Earth (Including the uninhabited continent, Antarctica)

a-Area: 54,000,000 square miles (land surface)

b-Population: 3,300,000,000

c-Capital: New York

The fire behind the quartz was weary now, and sputtered its reluctant way to death.

The Co-ordinator was somber, his mood matching the sinking flame.

"They all minimize the state of affairs." His voice was low. "Is it not easy to imagine that they all laugh at me? And yet Vincent Silver said the Machines cannot be out of order, and I must believe him. Hiram Mackenzie says they cannot be fed false data, and I must believe him. But the Machines are going wrong, somehow, and I must believe that, too; and so there is still an alternative left."

He glanced sidewise at Susan Calvin, who, with closed eyes, for a moment seemed asleep.

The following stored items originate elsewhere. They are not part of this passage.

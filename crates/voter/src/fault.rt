//! Faults of a voter.
use thiserror::Error;

/// The reason why a voter did not take a message.
#[derive(Clone, Copy, Debug, PartialEq, Eq, Error)]
pub enum VoterFault {
    /// The message needs a new grant, and none is left within the limit.
    #[error("V1 GrantsSpent")]
    GrantsSpent,
}
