//! Why an entry isn't put at the end of a spool.
use std::error::Error;
use std::fmt;

/// Why an entry isn't put at the end of a spool.
#[derive(Clone, Copy, Debug, PartialEq, Eq)]
pub enum SpoolError {
    /// The entry stands behind the end, which is this one.
    Gap { end: u64 },
    /// The entry stands before the end, which is this one.
    Old { end: u64 },
}

impl fmt::Display for SpoolError {
    fn fmt<W: fmt::Write>(&self, f: &mut fmt::Formatter<W>) -> fmt::Result {
        match self {
            SpoolError::Gap { end } => write!(f, "there is a gap behind the spool's end, {end}"),
            SpoolError::Old { end } => write!(
                f,
                "the spool is there already, up to its end, {end}"
            ),
        }
    }
}

impl Error for SpoolError {}
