//! The end of a journal, as one of its members holds it.
ghost use Rattle.std.specs.Prelude.{◌≡◌, ◌≤◌, ◌<◌, ◌+◌, ◌++◌, List, length, take, drop, slice_index_or, true, false, IfOk, IfSome, OnOk, OnErr, MatchOption};
ghost use Rattle.std.specs.VecDeque.{deque_capacity, deque_len};
ghost use Rattle.gz_label.specs.declared.label.Label.{Label};
ghost use Rattle.gz_journal.specs.JournalList.{end_of, max_end};
ghost use Rattle.gz_spool.specs.Spools.{empty_at, extended, fit_at, has_boundary, is_image, raised, registers_behind, rest_behind, rest_from, spool_end, spool_registers, trimmed, with_entry, with_image};

use crate::SpoolError;
use gz_label::{Entries, Entry, Image, LabelSet, NoMemory};
use std::alloc::Global;
use std::collections::VecDeque;
use std::marker::Model;

/// The greatest end of a spool, 2^62.
const MAX_END: u64 = 1 << 62;

/// The end of a journal: entries that follow one another from the offset `begin` on, the registers before
/// them, and a head between begin and end, up to which they are known to be acknowledged. A contract sees
/// it as its image, and for how many entries more it has room.
#[derive(Debug, Drop)]
pub struct Spool {
    begin: u64,
    base: LabelSet,
    entries: VecDeque<Entry>,
    head: u64,
    end: u64,
}

impl Model for Spool {
    ghost use Rattle.std.specs.Prelude.{◌≡◌, ◌≤◌, ◌+◌, ◌-◌, ◌^◌};
    ghost use Rattle.std.specs.VecDeque.{deque_capacity, deque_len};
    ghost use Rattle.gz_journal.specs.JournalList.{end_of};
    ghost use Rattle.gz_spool.specs.Spools.{Kept};

    ghost Value = { Kept };

    ghost view = { λ a. record { image = record { begin = a.begin; base = a.base; entries = a.entries.items; head = a.head }; spare = deque_capacity a.entries - deque_len a.entries } };

    ghost invariant = { λ a. (a.begin ≤ a.head) × (a.head ≤ a.end) × (a.end ≤ 2 ^ 62) × (a.end ≡ a.begin + end_of a.entries.items) };
}

/// Where entries end that begin at this offset, or None where that is above the greatest end.
fn end_within(begin: u64, entries: &[Entry]) -> Option<u64>
    ensures { MatchOption result (max_end < begin + end_of entries.now)
        (λ end. (end ≡ begin + end_of entries.now) × (end ≤ max_end)) }
{
    if begin > MAX_END {
        return None;
    }
    let mut end = begin;
    for entry in entries {
        let len = entry.bytes.len() as u64;
        if len > MAX_END - end {
            return None;
        }
        end += len;
    }
    Some(end)
}

/// How many entries stand before the offset, where it is the boundary of one. The first begins at `begin`.
fn count_before(entries: &VecDeque<Entry>, begin: u64, offset: u64) -> Option<usize>
    requires { begin + end_of entries.now.items ≤ max_end }
    ensures value { (base : List Label) →
        rest_from offset begin base entries.now.items ≡ rest_behind base entries.now.items result }
    ensures within { IfSome result (λ count. count ≤ length entries.now.items) }
    ensures rest { IfSome result
        (λ count. offset + end_of (drop count entries.now.items)
        ≡ begin + end_of entries.now.items) }
{
    let mut at = begin;
    let mut count = 0;
    'entries: while at < offset && count < entries.len() {
        at += entries[count].bytes.len() as u64;
        count += 1;
    }
    if at == offset {
        return Some(count);
    }
    None
}

/// Drops the first entry, whose registers become the base.
fn drop_one(entries: &mut VecDeque<Entry>, base: &mut LabelSet)
    requires { 0 < length entries.old.items }
    ensures entries { entries.new.items ≡ drop 1 entries.old.items }
    ensures base { base.new ≡ registers_behind base.old (take 1 entries.old.items) }
    ensures capacity { deque_capacity entries.new ≡ deque_capacity entries.old }
    ensures len { deque_len entries.new ≤ deque_len entries.old }
{
    if let Some(entry) = entries.pop_front() {
        let Entry { registers, .. } = entry;
        *base = registers;
    }
}

#[tactic(auto, using(crate::proofs::Ends::drop_more, crate::proofs::Ends::behind_more))]
/// Drops so many of the first entries; the base becomes the registers behind them.
fn drop_first(entries: &mut VecDeque<Entry>, base: &mut LabelSet, count: usize)
    requires { count ≤ length entries.old.items }
    ensures entries { entries.new.items ≡ drop count entries.old.items }
    ensures base { base.new ≡ registers_behind base.old (take count entries.old.items) }
    ensures capacity { deque_capacity entries.new ≡ deque_capacity entries.old }
    ensures len { deque_len entries.new ≤ deque_len entries.old }
{
    for _i in 0..count {
        drop_one(entries, base);
    }
}

fn append_copies(out: &mut Vec<Entry>, entries: &[Entry]) -> Result<(), NoMemory>
    ensures { OnOk result (out.new.items ≡ out.old.items ++ entries.now) }
{
    for entry in entries {
        let one = entry.copy()?;
        out.push(one)?;
    }
    Ok(())
}

impl Spool {
    /// No entries, from this offset on. It takes no memory.
    pub fn new(alloc: Global, begin: u64) -> Spool
        requires { begin ≤ max_end }
        ensures { result.image ≡ empty_at begin }
    {
        Spool {
            begin,
            base: LabelSet::new(alloc),
            entries: VecDeque::new(alloc),
            head: begin,
            end: begin,
        }
    }

    /// The image as a spool, or None exactly where its head isn't between its begin and its end, or its end
    /// is above 2^62. It takes no memory.
    pub fn adopt(image: Image) -> Option<Spool>
        ensures { MatchOption result (is_image image ≡ false)
            (λ spool. (is_image image ≡ true) × (spool.image ≡ image)) }
    {
        let Image {
            begin,
            base,
            entries,
            head,
        } = image;
        let end = end_within(begin, entries.as_slice())?;
        if head < begin || head > end {
            return None;
        }
        Some(Spool {
            begin,
            base,
            entries: VecDeque::from_vec(entries.into_vec()),
            head,
            end,
        })
    }

    /// What the spool holds, as a copy.
    pub fn image(&self) -> Result<Image, NoMemory>
        ensures { IfOk result (λ image. image ≡ self.now.image) }
    {
        let mut entries = Vec::new(*self.entries.allocator());
        let (first, second) = self.entries.as_slices();
        append_copies(&mut entries, first)?;
        append_copies(&mut entries, second)?;
        Ok(Image {
            begin: self.begin,
            base: self.base.copy()?,
            entries: Entries::of(entries),
            head: self.head,
        })
    }

    /// The offset of the first entry. It takes no memory.
    pub fn begin(&self) -> u64
        ensures { result ≡ self.now.image.begin }
    {
        self.begin
    }

    /// The offset up to which the entries are known to be acknowledged. It takes no memory.
    pub fn head(&self) -> u64
        ensures { result ≡ self.now.image.head }
    {
        self.head
    }

    /// The offset behind the last entry, at most 2^62. It takes no memory.
    pub fn end(&self) -> u64
        ensures value { result ≡ spool_end self.now.image }
        ensures within { result ≤ max_end }
        ensures image { is_image self.now.image ≡ true }
    {
        self.end
    }

    /// The registers behind the last entry, or the base where there is none. It takes no memory.
    pub fn registers(&self) -> &LabelSet
        ensures { result.now ≡ spool_registers self.now.image }
    {
        match self.entries.back() {
            Some(entry) => &entry.registers,
            None => &self.base,
        }
    }

    /// How many entries there are. It takes no memory.
    pub fn len(&self) -> usize
        ensures { result ≡ length self.now.image.entries }
    {
        self.entries.len()
    }

    /// The entry at this place, counted from 0. It takes no memory.
    pub fn entry(&self, place: usize) -> &Entry
        requires { place < length self.now.image.entries }
        ensures { result.now ≡ slice_index_or self.now.image.entries place result.now }
    {
        &self.entries[place]
    }

    /// For how many entries more there is room. It takes no memory.
    pub fn spare(&self) -> usize
        ensures { result ≡ self.now.spare }
    {
        self.entries.capacity() - self.entries.len()
    }

    /// Room for so many entries more. The image stays, also after NoMemory.
    pub fn reserve(&mut self, more: usize) -> Result<(), NoMemory>
        ensures ok { OnOk result (more ≤ self.new.spare) }
        ensures stays { self.new.image ≡ self.old.image }
    {
        self.entries.reserve(more)?;
        Ok(())
    }

    /// Puts the entry at the end, which has to be its offset: Gap where the offset is behind the end, Old
    /// where it is before the end; then nothing changes. It takes no memory.
    pub fn extend(&mut self, offset: u64, entry: Entry) -> Result<(), SpoolError>
        requires room { 0 < self.old.spare }
        requires limit { spool_end self.old.image + length entry.bytes ≤ max_end }
        ensures answer { result ≡ fit_at offset self.old.image }
        ensures ok { OnOk result (self.new ≡ with_entry entry self.old) }
        ensures err { OnErr result (self.new ≡ self.old) }
    {
        if offset > self.end {
            return Err(SpoolError::Gap { end: self.end });
        }
        if offset < self.end {
            return Err(SpoolError::Old { end: self.end });
        }
        self.end += entry.bytes.len() as u64;
        self.entries.push_back_reserved(entry);
        Ok(())
    }

    /// Puts the entry at the end, wherever that is. After NoMemory the image is as before.
    pub fn push(&mut self, entry: Entry) -> Result<(), NoMemory>
        requires { spool_end self.old.image + length entry.bytes ≤ max_end }
        ensures ok { OnOk result (self.new.image ≡ extended entry self.old.image) }
        ensures err { OnErr result (self.new.image ≡ self.old.image) }
    {
        let end = self.end + entry.bytes.len() as u64;
        self.entries.push_back(entry)?;
        self.end = end;
        Ok(())
    }

    /// The head becomes the greater of the old one and of this one, but for what is above the end. It takes
    /// no memory.
    pub fn raise_head(&mut self, head: u64)
        ensures { self.new ≡ with_image (raised head self.old.image) self.old }
    {
        self.head = self.head.max(head.min(self.end));
    }

    /// The begin that `trim_to` of this offset leaves: the offset, where it is a boundary of entries from the
    /// old begin to the head, or the old begin. It takes no memory.
    pub fn begin_after(&self, offset: u64) -> u64
        ensures { result ≡ (trimmed offset self.now.image).begin }
    {
        if offset > self.head {
            return self.begin;
        }
        match count_before(&self.entries, self.begin, offset) {
            Some(_count) => offset,
            None => self.begin,
        }
    }

    /// The entries below the offset go, where it is a boundary of entries from the old begin to the head, and
    /// then it is the begin. Else nothing changes, and the answer is false. It takes no memory.
    pub fn trim_to(&mut self, begin: u64) -> bool
        ensures value { result ≡ has_boundary begin self.old.image }
        ensures image { self.new.image ≡ trimmed begin self.old.image }
        ensures spare { self.old.spare ≤ self.new.spare }
    {
        if begin > self.head {
            return false;
        }
        let Some(count) = count_before(&self.entries, self.begin, begin) else {
            return false;
        };
        drop_first(&mut self.entries, &mut self.base, count);
        self.begin = begin;
        true
    }
}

"What is that?" she asked, prompt to her cue, nevertheless.

"Why, that correct data is indeed given, and correct answers are indeed received, but that they are then ignored. There is no way the Machine can enforce obedience to its dictates."

"Madame Szegeczowska hinted as much, with reference to Northerners in general, it seems to me."

"So she did."

"And what purpose is served by disobeying the Machine? Let's consider motivations."

"It's obvious to me, and should be to you. It is a matter of rocking the boat, deliberately. There can be no serious conflicts on Earth, in which one group or another can seize more power than it has for what it thinks is its own good despite the harm to Mankind as a whole, while the Machines rule. If popular faith in the Machines can be destroyed to the point where they are abandoned, it will be the law of the jungle again. -And not one of the four Regions can be freed of the suspicion of wanting just that.